Toyota Tundra TRD Pro My daily driver is a Tundra Limited so I was curious to see how the exalted TRD Pro variant would fare on the rough terrain above Calamigos Ranch. The answer: superb. The TRD Pro attacked the steep inclines, deep crevices, and dusty descents with ease. I’ve had the pleasure of off-roading my Tundra before and comparing the two I felt more confident with the TRD-tuned springs paired with the Bilstein shocks in my corner. I would have loved to get behind the wheel of the TRD Pro Tacoma and Ford Raptor that were on hand to compare. That will have to wait for 2018.

Jaguar F-Pace Next up, I jumped into a Jaguar F-Pace. I was surprised that the powers that be were offering this up to test on the trails vs. the road – and was gently reminded that this is after all a product of the Jaguar Land Rover (JLR) group. Touché – the Land Rover side of the equation alone has made a business of facilitating expeditions for more than a century so one could reasonably expect that off-road knowledge to permeate the feline division as well. I marveled throughout my entire time behind the wheel at how effortless the F-Pace managed the off-road trails that I had literally just driven through in a purpose build 4WD truck. The F-Pace’s AWD system featuring Intelligent Driveline Dynamics and Adaptive Surface Response transferred power as needed to maintain traction and momentum. At one point I was surprised to have negotiated a steep incline with deep ruts, without so much as increasing the throttle more than ten or fifteen percent. Is the F-Pace more likely seen helping urban dwellers get groceries at their local organic farmer’s market? Of course. But can the F-Pace also get the farm itself – no matter what the terrain? Absolutely. That’s pretty incredible.

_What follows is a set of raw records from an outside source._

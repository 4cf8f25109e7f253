//! Operators before one operand.

ghost use Rattle.std.specs.Prelude.{◌≡◌, IfOk};
ghost use Rattle.net_core.specs.declared.tree.Net.{Net};
ghost use Rattle.net_core.specs.declared.tree.UnaryOp.TheVariants as prefix;
ghost use Rattle.net_core.specs.View.{tree_of};
ghost use Rattle.net_core.specs.Value.{Env, value, apply_unary};

use crate::comparing::shortest;
use crate::flags::is_flag;
use net_core::build::unary;
use net_core::net_trees::copying::copied;
use net_core::tree::{Expr, Net, UnaryOp};
use net_rules::logic_rules::opposite;
use std::alloc::{AllocError, Global};

// Whether an operator before an operand that has one itself needs no place.
fn vanishes(op: UnaryOp, a: &Expr<Net>) -> bool {
    match op {
        UnaryOp::ReduceOr => is_flag(a),
        UnaryOp::Not => match a {
            Expr::Unary(UnaryOp::Not, inner) => is_flag(inner),
            _ => false,
        },
    }
}

// Whether any bit of an operand is 1: that of a single bit.
fn any_bit(alloc: Global, a: Expr<Net>) -> Result<Expr<Net>, AllocError>
    ensures { IfOk result (λ r. (v : Env Net) → value v (tree_of r) ≡ apply_unary prefix.ReduceOr (value v (tree_of a))) }
{
    if is_flag(&a) {
        return Ok(a);
    }
    let whole = unary(alloc, UnaryOp::ReduceOr, a)?;
    Ok(whole)
}

// Whether any bit of an operand is 1, of which zeros at its high end do not count.
fn reduced(alloc: Global, a: Expr<Net>) -> Result<Expr<Net>, AllocError>
    ensures { IfOk result (λ r. (v : Env Net) → value v (tree_of r) ≡ apply_unary prefix.ReduceOr (value v (tree_of a))) }
{
    match shortest(alloc, &a)? {
        Some(shorter) => any_bit(alloc, shorter),
        None => any_bit(alloc, a),
    }
}

// The bits of an operand, each turned: those of a comparison by the opposite one.
fn turned(alloc: Global, a: Expr<Net>) -> Result<Expr<Net>, AllocError>
    ensures { IfOk result (λ r. (v : Env Net) → value v (tree_of r) ≡ apply_unary prefix.Not (value v (tree_of a))) }
{
    match a {
        Expr::Binary(op, x, y) => {
            if let Some(other) = opposite(op) {
                return Ok(Expr::Binary(other, x, y));
            }
            let same = Expr::Binary(op, x, y);
            let whole = unary(alloc, UnaryOp::Not, same)?;
            Ok(whole)
        }
        a => turned_twice(alloc, a),
    }
}

// The bits of an operand, each turned: a single bit that is turned already is left.
fn turned_twice(alloc: Global, a: Expr<Net>) -> Result<Expr<Net>, AllocError>
    ensures { IfOk result (λ r. (v : Env Net) → value v (tree_of r) ≡ apply_unary prefix.Not (value v (tree_of a))) }
{
    match a {
        Expr::Unary(op, inner) => {
            if op == UnaryOp::Not && is_flag(&inner) {
                return Ok(Box::into_inner(inner));
            }
            let same = Expr::Unary(op, inner);
            let whole = unary(alloc, UnaryOp::Not, same)?;
            Ok(whole)
        }
        a => {
            let whole = unary(alloc, UnaryOp::Not, a)?;
            Ok(whole)
        }
    }
}

// An operator before an operand.
fn prefixed(alloc: Global, op: UnaryOp, a: Expr<Net>) -> Result<Expr<Net>, AllocError>
    ensures { IfOk result (λ r. (v : Env Net) → value v (tree_of r) ≡ apply_unary op (value v (tree_of a))) }
{
    match op {
        UnaryOp::ReduceOr => reduced(alloc, a),
        UnaryOp::Not => turned(alloc, a),
    }
}

/// An operator before an operand, or before the former one, which has the same value, where this one begins with a prefix operator: none
/// stands before another one.
pub(crate) fn prefixed_of(
    alloc: Global,
    op: UnaryOp,
    a: Result<Expr<Net>, AllocError>,
    former: &Expr<Net>,
) -> Result<Expr<Net>, AllocError>
    ensures { (v : Env Net) → IfOk a (λ e. value v (tree_of e) ≡ value v (tree_of former.now)) → IfOk result (λ r. value v (tree_of r) ≡ apply_unary op (value v (tree_of former.now))) }
{
    let a = a?;
    if matches!(a, Expr::Unary(..)) && !vanishes(op, &a) {
        return prefixed(alloc, op, copied(alloc, former)?);
    }
    prefixed(alloc, op, a)
}
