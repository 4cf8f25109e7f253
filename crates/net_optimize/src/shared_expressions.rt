//! Common subexpressions of a design as wires, each evaluated once in a clock.

mod checking;
mod counting;
mod rewriting;
mod sharing;
mod statements;
mod table;

pub(crate) use sharing::shared;
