//! Statements, one after another, of which neighbours under one condition are one.

ghost use Rattle.std.specs.Prelude.{◌≡◌, ◌==◌, if◌then◌else◌, IfOk, map};
ghost use Rattle.net_core.specs.declared.tree.Net.{Net};
ghost use Rattle.net_core.specs.declared.tree.Word.{Word};
ghost use Rattle.net_core.specs.View.{tree_of, statement_of};
ghost use Rattle.net_core.specs.Value.{Env, value};
ghost use Rattle.net_core.specs.Clock.{Stored, done, edge};
ghost use Rattle.net_optimize.specs.Lists.{guarded, joined_done};

use net_core::build::{block, statements, when};
use net_core::net_trees::equal::is_same;
use net_core::tree::{Expr, Net, Stmt};
use std::alloc::{AllocError, Global};

/// Statements under a condition.
#[derive(Drop)]
pub(crate) struct Guarded {
    pub(crate) condition: Expr<Net>,
    pub(crate) body: Vec<Stmt<Net>>,
}

/// Statements, one after another. There may be more to come under the condition of the last ones.
#[derive(Drop)]
pub(crate) struct Joined {
    pub(crate) first: Vec<Stmt<Net>>,
    pub(crate) last: Option<Guarded>,
}

/// No statements.
pub(crate) fn none(alloc: Global) -> Joined
    ensures { (v : Env Net) (s : Stored) → joined_done v result s ≡ s }
{
    Joined {
        first: Vec::new(alloc),
        last: None,
    }
}

// These statements as one.
fn one(alloc: Global, body: Vec<Stmt<Net>>) -> Result<Stmt<Net>, AllocError>
    ensures { IfOk result (λ r. (v : Env Net) (s : Stored) → done v (statement_of r) s ≡ edge v (map statement_of body.items) s) }
{
    let all = statements(alloc, body)?;
    let whole = block(alloc, all)?;
    Ok(whole)
}

// These statements under a condition. A single one needs no block.
fn under(
    alloc: Global,
    condition: Expr<Net>,
    mut body: Vec<Stmt<Net>>,
) -> Result<Stmt<Net>, AllocError>
    ensures { IfOk result (λ r. (v : Env Net) (s : Stored) → done v (statement_of r) s ≡ guarded v (tree_of condition) (map statement_of body.items) s) }
{
    if body.len() == 1
        && let Some(only) = body.pop()
    {
        let short = when(alloc, condition, only)?;
        return Ok(short);
    }
    let all = one(alloc, body)?;
    let whole = when(alloc, condition, all)?;
    Ok(whole)
}

/// All of the statements.
pub(crate) fn closed(alloc: Global, list: Joined) -> Result<Vec<Stmt<Net>>, AllocError>
    ensures { IfOk result (λ r. (v : Env Net) (s : Stored) → edge v (map statement_of r.items) s ≡ joined_done v list s) }
{
    let Joined { first, last } = list;
    let mut all = first;
    if let Some(guarded) = last {
        let last = under(alloc, guarded.condition, guarded.body)?;
        all.push(last)?;
        return Ok(all);
    }
    Ok(all)
}

/// One more statement.
pub(crate) fn with_statement(
    alloc: Global,
    list: Joined,
    stmt: Stmt<Net>,
) -> Result<Joined, AllocError>
    ensures { IfOk result (λ r. (v : Env Net) (s : Stored) → joined_done v r s ≡ done v (statement_of stmt) (joined_done v list s)) }
{
    let mut first = closed(alloc, list)?;
    first.push(stmt)?;
    Ok(Joined { first, last: None })
}

// More statements under a condition.
fn with_guarded(
    alloc: Global,
    list: Joined,
    condition: Expr<Net>,
    mut body: Vec<Stmt<Net>>,
) -> Result<Joined, AllocError>
    ensures { IfOk result (λ r. (v : Env Net) (s : Stored) → joined_done v r s ≡ guarded v (tree_of condition) (map statement_of body.items) (joined_done v list s)) }
{
    let Joined { first, last } = list;
    if let Some(guarded) = last {
        if is_same(&guarded.condition, &condition) {
            let mut all = guarded.body;
            all.append(&mut body)?;
            let last = Guarded {
                condition,
                body: all,
            };
            return Ok(Joined {
                first,
                last: Some(last),
            });
        }
        let mut first = first;
        let before = under(alloc, guarded.condition, guarded.body)?;
        first.push(before)?;
        let last = Guarded { condition, body };
        return Ok(Joined {
            first,
            last: Some(last),
        });
    }
    let last = Guarded { condition, body };
    Ok(Joined {
        first,
        last: Some(last),
    })
}

// ---- the same, where making a part may have failed

/// Statements under a condition.
pub(crate) fn under_of(
    alloc: Global,
    condition: Result<Expr<Net>, AllocError>,
    body: Result<Vec<Stmt<Net>>, AllocError>,
) -> Result<Stmt<Net>, AllocError>
    ensures { (v : Env Net) (x : Word) (s t : Stored) → IfOk condition (λ e. value v (tree_of e) ≡ x) → IfOk body (λ xs. edge v (map statement_of xs.items) s ≡ t) → IfOk result (λ r. done v (statement_of r) s ≡ (if x.value == 0 then s else t)) }
{
    let condition = condition?;
    let body = body?;
    under(alloc, condition, body)
}

/// All of the statements.
pub(crate) fn closed_of(
    alloc: Global,
    list: Result<Joined, AllocError>,
) -> Result<Vec<Stmt<Net>>, AllocError>
    ensures { (v : Env Net) (s t : Stored) → IfOk list (λ j. joined_done v j s ≡ t) → IfOk result (λ r. edge v (map statement_of r.items) s ≡ t) }
{
    let list = list?;
    closed(alloc, list)
}

/// One more statement.
pub(crate) fn with_statement_of(
    alloc: Global,
    list: Joined,
    stmt: Result<Stmt<Net>, AllocError>,
) -> Result<Joined, AllocError>
    ensures { (v : Env Net) (s t : Stored) → IfOk stmt (λ a. done v (statement_of a) (joined_done v list s) ≡ t) → IfOk result (λ r. joined_done v r s ≡ t) }
{
    let stmt = stmt?;
    with_statement(alloc, list, stmt)
}

/// More statements under a condition.
pub(crate) fn with_guarded_of(
    alloc: Global,
    list: Joined,
    condition: Result<Expr<Net>, AllocError>,
    body: Result<Vec<Stmt<Net>>, AllocError>,
) -> Result<Joined, AllocError>
    ensures { (v : Env Net) (x : Word) (s t : Stored) → IfOk condition (λ e. value v (tree_of e) ≡ x) → IfOk body (λ xs. edge v (map statement_of xs.items) (joined_done v list s) ≡ t) → IfOk result (λ r. joined_done v r s ≡ (if x.value == 0 then joined_done v list s else t)) }
{
    let condition = condition?;
    let body = body?;
    with_guarded(alloc, list, condition, body)
}
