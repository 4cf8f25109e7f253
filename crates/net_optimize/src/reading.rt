//! Whether a design reads what is there alone, in time of its length. What the test of all rules asks for besides leaves values as they are.

ghost use Rattle.std.specs.Prelude.{◌≡◌, ◌<◌, ℕ, true, length, count_by};
ghost use Rattle.std.proofs.Common.{get_or};
ghost use Rattle.net_core.specs.Nets.{WireTree, AssignTree, StatementTree};
ghost use Rattle.net_core.specs.declared.tree.Net.{Net};
ghost use Rattle.net_core.specs.View.{netlist_of, tree_of, trees_of, right_of, statement_of, statements_of};
ghost use Rattle.net_core.specs.Names.{is_register, is_memory};
ghost use Rattle.design_rules.specs.FormedSyntax.{trees_pass, all_trees_pass};
ghost use Rattle.design_rules.specs.FormedScope as scope;
ghost use Rattle.net_optimize.specs.Reading.{IsCounted, ReadsWhatIsThere};

use net_core::design::{Declared, Design, Port};
use net_core::tree::{Expr, Net, Parts, Right, Stmt, Stmts};

/// What can be read: the ports of a design, so many registers and memories, and so many of its wires.
#[derive(Clone, Copy)]
pub(crate) struct There<'a> {
    design: &'a Design,
    registers: usize,
    memories: usize,
    wires: usize,
}

// How many registers are declared.
fn registers_of(declared: &[Declared]) -> usize
    ensures { result ≡ count_by is_register declared.now }
{
    declared
        .iter()
        .filter(|d| match d {
            Declared::Register(_) => true,
            Declared::Integer | Declared::Memory { .. } => false,
        })
        .count()
}

// How many memories are declared.
fn memories_of(declared: &[Declared]) -> usize
    ensures { result ≡ count_by is_memory declared.now }
{
    declared
        .iter()
        .filter(|d| match d {
            Declared::Memory { .. } => true,
            Declared::Integer | Declared::Register(_) => false,
        })
        .count()
}

// Whether a port is an input other than `clk`, the first.
fn is_input(ports: &[Port], k: u32) -> bool
    ensures { result ≡ scope.is_input ports.now k }
{
    if k == 0 {
        return false;
    }
    match ports.get(k as usize) {
        Some(port) => !port.output,
        None => false,
    }
}

// Whether a net has a value.
fn is_value(there: There, net: Net) -> bool
    requires { IsCounted there }
    ensures { result ≡ scope.is_value (netlist_of there.entry.design.now) there.entry.wires net }
{
    match net {
        Net::Port(k) => is_input(&there.design.ports, k),
        Net::Register(k) => (k as usize) < there.registers,
        Net::Memory(_) => false,
        Net::Wire(k) => (k as usize) < there.wires,
    }
}

// Whether a net is a memory, whose words can be read.
fn is_words(there: There, net: Net) -> bool
    requires { IsCounted there }
    ensures { result ≡ scope.is_words (netlist_of there.entry.design.now) net }
{
    match net {
        Net::Memory(k) => (k as usize) < there.memories,
        Net::Port(_) | Net::Register(_) | Net::Wire(_) => false,
    }
}

// Whether what an expression reads is there.
#[cycle(reads)]
fn reads_known(there: There, e: &Expr<Net>) -> bool
    requires { IsCounted there }
    ensures { result ≡ scope.reads_known (scope.sorts (netlist_of there.entry.design.now) there.entry.wires) (tree_of e.now) }
{
    match e {
        Expr::Const(_) => true,
        Expr::Read(n) => is_value(there, *n),
        Expr::Bit(n, _) => is_value(there, *n),
        Expr::PartSelect(n, _, _) => is_value(there, *n),
        Expr::MemoryWord(m, i) => is_words(there, *m) && reads_known(there, i),
        Expr::Unary(_, a) => reads_known(there, a),
        Expr::Binary(_, a, b) => reads_known(there, a) & reads_known(there, b),
        Expr::Conditional(c, a, b) => {
            reads_known(there, c) & (reads_known(there, a) & reads_known(there, b))
        }
        Expr::Concatenation(parts) => parts_known(there, parts),
    }
}

// Without a recursion over the parts: there may be any number.
#[cycle(reads)]
fn parts_known(there: There, parts: &Parts<Net>) -> bool
    requires { IsCounted there }
    ensures { result ≡ scope.parts_known (scope.sorts (netlist_of there.entry.design.now) there.entry.wires) (trees_of parts.now) }
{
    let mut left = parts;
    loop {
        match left {
            Parts::Last(a) => return reads_known(there, a),
            Parts::More(a, more) => {
                if !reads_known(there, a) {
                    return false;
                }
                left = more;
            }
        }
    }
}

// Whether what a right side reads is there.
fn right_known(there: There, right: &Right<Net>) -> bool
    requires { IsCounted there }
    ensures { result ≡ scope.right_known (scope.sorts (netlist_of there.entry.design.now) there.entry.wires) (right_of right.now) }
{
    match right {
        Right::Plain(e) => reads_known(there, e),
        Right::Quotient(a, b) | Right::Remainder(a, b) => {
            is_value(there, *a) && is_value(there, *b)
        }
    }
}

// Whether what the expressions of a statement read is there.
#[cycle(stmt_reads)]
fn stmt_known(there: There, stmt: &Stmt<Net>) -> bool
    requires { IsCounted there }
    ensures { result ≡ trees_pass (scope.reads_known (scope.sorts (netlist_of there.entry.design.now) there.entry.wires)) (statement_of stmt.now) }
{
    match stmt {
        Stmt::Block(more) => stmts_known(there, more),
        Stmt::If(c, a) => reads_known(there, c) && stmt_known(there, a),
        Stmt::IfElse(c, a, b) => {
            reads_known(there, c) && stmt_known(there, a) && stmt_known(there, b)
        }
        Stmt::Set(_, e) => reads_known(there, e),
        Stmt::Store(_, i, e) => reads_known(there, i) && reads_known(there, e),
    }
}

// Without a recursion over the statements: there may be any number.
#[cycle(stmt_reads)]
fn stmts_known(there: There, stmts: &Stmts<Net>) -> bool
    requires { IsCounted there }
    ensures { result ≡ all_trees_pass (scope.reads_known (scope.sorts (netlist_of there.entry.design.now) there.entry.wires)) (statements_of stmts.now) }
{
    let mut left = stmts;
    while let Stmts::Then(a, more) = left {
        if !stmt_known(there, a) {
            return false;
        }
        left = more;
    }
    true
}

// Whether each wire reads what is before it.
fn wires_known(design: &Design, registers: usize, memories: usize) -> bool
    requires { IsCounted (record { design = design; registers = registers; memories = memories; wires = 0 }) }
    ensures { result ≡ true → (i : ℕ) (w : WireTree) → i < length (netlist_of design.now).wires → w ≡ get_or (netlist_of design.now).wires i w → scope.right_known (scope.sorts (netlist_of design.now) i) w.right ≡ true }
{
    let all = design.wires.as_slice();
    for k in 0..all.len() {
        let there = There {
            design,
            registers,
            memories,
            wires: k,
        };
        if !right_known(there, &all[k].right) {
            return false;
        }
    }
    true
}

// Whether each output is shown by what is there.
fn assigns_known(there: There) -> bool
    requires counted { IsCounted there }
    ensures { result ≡ true → (i : ℕ) (a : AssignTree) → i < length (netlist_of there.entry.design.now).assigns → a ≡ get_or (netlist_of there.entry.design.now).assigns i a → scope.reads_known (scope.sorts (netlist_of there.entry.design.now) there.entry.wires) a.value ≡ true }
{
    let all = there.design.assigns.as_slice();
    for k in 0..all.len() {
        if !reads_known(there, &all[k].value) {
            return false;
        }
    }
    true
}

// Whether each always block reads what is there.
fn always_known(there: There) -> bool
    requires counted { IsCounted there }
    ensures { result ≡ true → (i : ℕ) (a : StatementTree Net) → i < length (netlist_of there.entry.design.now).always → a ≡ get_or (netlist_of there.entry.design.now).always i a → trees_pass (scope.reads_known (scope.sorts (netlist_of there.entry.design.now) there.entry.wires)) a ≡ true }
{
    let all = there.design.always.as_slice();
    for k in 0..all.len() {
        if !stmt_known(there, &all[k]) {
            return false;
        }
    }
    true
}

/// Whether a design reads what is there alone.
pub(crate) fn reads_what_is_there(design: &Design) -> bool
    ensures { result ≡ true → ReadsWhatIsThere (netlist_of design.now) }
{
    let registers = registers_of(&design.declared);
    let memories = memories_of(&design.declared);
    let there = There {
        design,
        registers,
        memories,
        wires: design.wires.len(),
    };
    if !wires_known(design, registers, memories) {
        return false;
    }
    if !assigns_known(there) {
        return false;
    }
    always_known(there)
}
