//! A shorter design that shows the same.
//! `simple_logic` simplifies its expressions, `shared_expressions` makes a wire of what stands at several places.
#![tactic(auto)]

mod comparing;
mod concatenation;
mod depth;
mod flags;
mod folding;
mod formed;
mod joining;
mod kept;
mod live;
mod making;
mod marks;
mod names;
mod negation;
mod optimizing;
mod reading;
mod reads;
mod renumber;
mod sections;
mod shared_expressions;
mod simple;
mod simple_logic;
mod sources;
mod wires;

pub use optimizing::optimized;
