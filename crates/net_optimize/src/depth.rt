//! How deep expressions nest.

use net_core::tree::{Expr, Net, Parts};

/// How deep an expression nests: a net or a constant has depth 1.
#[cycle(depth)]
pub(crate) fn depth(e: &Expr<Net>) -> u32 {
    let inside = match e {
        Expr::Const(_) | Expr::Read(_) | Expr::Bit(..) | Expr::PartSelect(..) => 0,
        Expr::MemoryWord(_, a) | Expr::Unary(_, a) => depth(a),
        Expr::Binary(_, a, b) => depth(a).max(depth(b)),
        Expr::Conditional(c, a, b) => depth(c).max(depth(a)).max(depth(b)),
        Expr::Concatenation(parts) => parts_depth(parts),
    };
    inside.saturating_add(1)
}

#[cycle(depth)]
fn parts_depth(parts: &Parts<Net>) -> u32 {
    let mut most = 0;
    let mut left = parts;
    loop {
        match left {
            Parts::Last(a) => return depth(a).max(most),
            Parts::More(a, more) => {
                most = depth(a).max(most);
                left = more;
            }
        }
    }
}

Mazda MX-5 Miata RF Last but definitely not least, I had the chance to jump in the Miata RF – a car I was literally willing to endure four hours of LA weekday traffic to experience. As I patiently waited my turn I felt like a kid again, waiting for my turn in the line at Autopia. The Miata RF (short for “retractable fastback”) lived up to its reputation as a worthy successor to the Miata name. Six-speed manual transmission, terrific visibility, and Super Mario Kart-like handling all add up to a smile-inducing experience. Take 12 seconds to open the retractable roof, add in sun-kissed wine country scenery, and throw in as many apexes as you like – voila – you have driving joy and a temporary balm to the travails of suburban living. What about the oft-cited lack of power coming from the 155hp inline-4? In my brief dance with the RF I didn’t find myself wishing I had more power, but only a longer-term test with city and freeways thrown in can tell. That being said, I still think of “RF” as “really fun" and on the way out I was reminded why. There were two first-gen Miata's parked in the lot, one with a hardtop secured, one without. With the RF you don't have to choose between a focused apex dive-bombing session or a wind-swept cruise. I'm looking forward to doing a full review of this little badboy in the fall. 2017 Droptops and Dirt was a super fun event, we’re excited to get some more time behind the wheel of these cars in the near future. Thanks to our friends at the Motor Press Guild for hosting another fantastic event.